[Stored items]
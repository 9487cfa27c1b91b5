use crate::pipes::Input;
use file_tree::Inode;
use le_fields::Bytes;

/// What a description is open for.
#[derive(Clone, Copy, Debug, PartialEq, Eq)]
pub enum Target {
    /// A file or a directory.
    Node(Inode),
    /// A device, by its number.
    Device(usize),
    /// An end of a pipe, by the pipe's number: the one that writes, or the one that reads.
    Pipe { pipe: usize, writes: bool },
}

/// What is kept of an open file, shared by the descriptors that name it.
///
/// References: open(2).
#[derive(Clone, Copy, Debug, PartialEq, Eq)]
pub struct Description {
    pub target: Target,
    /// Access, and the flags that are kept of those with which it was opened.
    pub flags: u64,
    /// In bytes, or in entries of a directory.
    pub offset: u64,
}

/// A descriptor that is open.
#[derive(Clone, Copy, Debug, PartialEq, Eq)]
pub struct Descriptor {
    /// The number of the description that it names.
    pub description: usize,
    pub close_on_exec: bool,
}

/// A device: what was written to it, in order; what came in and wasn't read yet, in order, and whether that was the end of what
/// comes in; and whether it lives, which it does until its last description goes.
#[derive(Drop)]
pub struct Device {
    pub output: Bytes,
    pub input: Input,
    pub ended: bool,
    pub live: bool,
}

/// What a descriptor is open for, and how.
#[derive(Clone, Copy, Debug, PartialEq, Eq)]
pub struct Opened {
    /// The file or directory, where it isn't open for a device.
    pub node: Option<Inode>,
    /// The number of the device, where it is open for one.
    pub device: Option<usize>,
    /// The number of the pipe, where it is open for an end of one. Both ends have it, and no other pipe with an open end.
    pub pipe: Option<usize>,
    /// Access, and the flags that are kept of those with which it was opened.
    pub flags: u64,
    pub close_on_exec: bool,
}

● To do: Retype the data exactly.

● The completed task:
repository 9487cfa27c1b91b5
use crate::pipes::Input;
use file_tree::Inode;
use le_fields::Bytes;

/// What a description is open for.
#[derive(Clone, Copy, Debug, PartialEq, Eq)]
pub enum Target {
    /// A file or a directory.
    Node(Inode),
    /// A device, by its number.
    Device(usize),
    /// An end of a pipe, by the pipe's number: the one that writes, or the one that reads.
    Pipe { pipe: usize, writes: bool },
}

/// What is kept of an open file, shared by the descriptors that name it.
///
/// References: open(2).
#[derive(Clone, Copy, Debug, PartialEq, Eq)]
pub struct Description {
    pub target: Target,
    /// Access, and the flags that are kept of those with which it was opened.
    pub flags: u64,
    /// In bytes, or in entries of a directory.
    pub offset: u64,
}

/// A descriptor that is open.
#[derive(Clone, Copy, Debug, PartialEq, Eq)]
pub struct Descriptor {
    /// The number of the description that it names.
    pub description: usize,
    pub close_on_exec: bool,
}

/// A device: what was written to it, in order; what came in and wasn't read yet, in order, and whether that was the end of what
/// comes in; and whether it lives, which it does until its last description goes.
#[derive(Drop)]
pub struct Device {
    pub output: Bytes,
    pub input: Input,
    pub ended: bool,
    pub live: bool,
}

/// What a descriptor is open for, and how.
#[derive(Clone, Copy, Debug, PartialEq, Eq)]
pub struct Opened {
    /// The file or directory, where it isn't open for a device.
    pub node: Option<Inode>,
    /// The number of the device, where it is open for one.
    pub device: Option<usize>,
    /// The number of the pipe, where it is open for an end of one. Both ends have it, and no other pipe with an open end.
    pub pipe: Option<usize>,
    /// Access, and the flags that are kept of those with which it was opened.
    pub flags: u64,
    pub close_on_exec: bool,
}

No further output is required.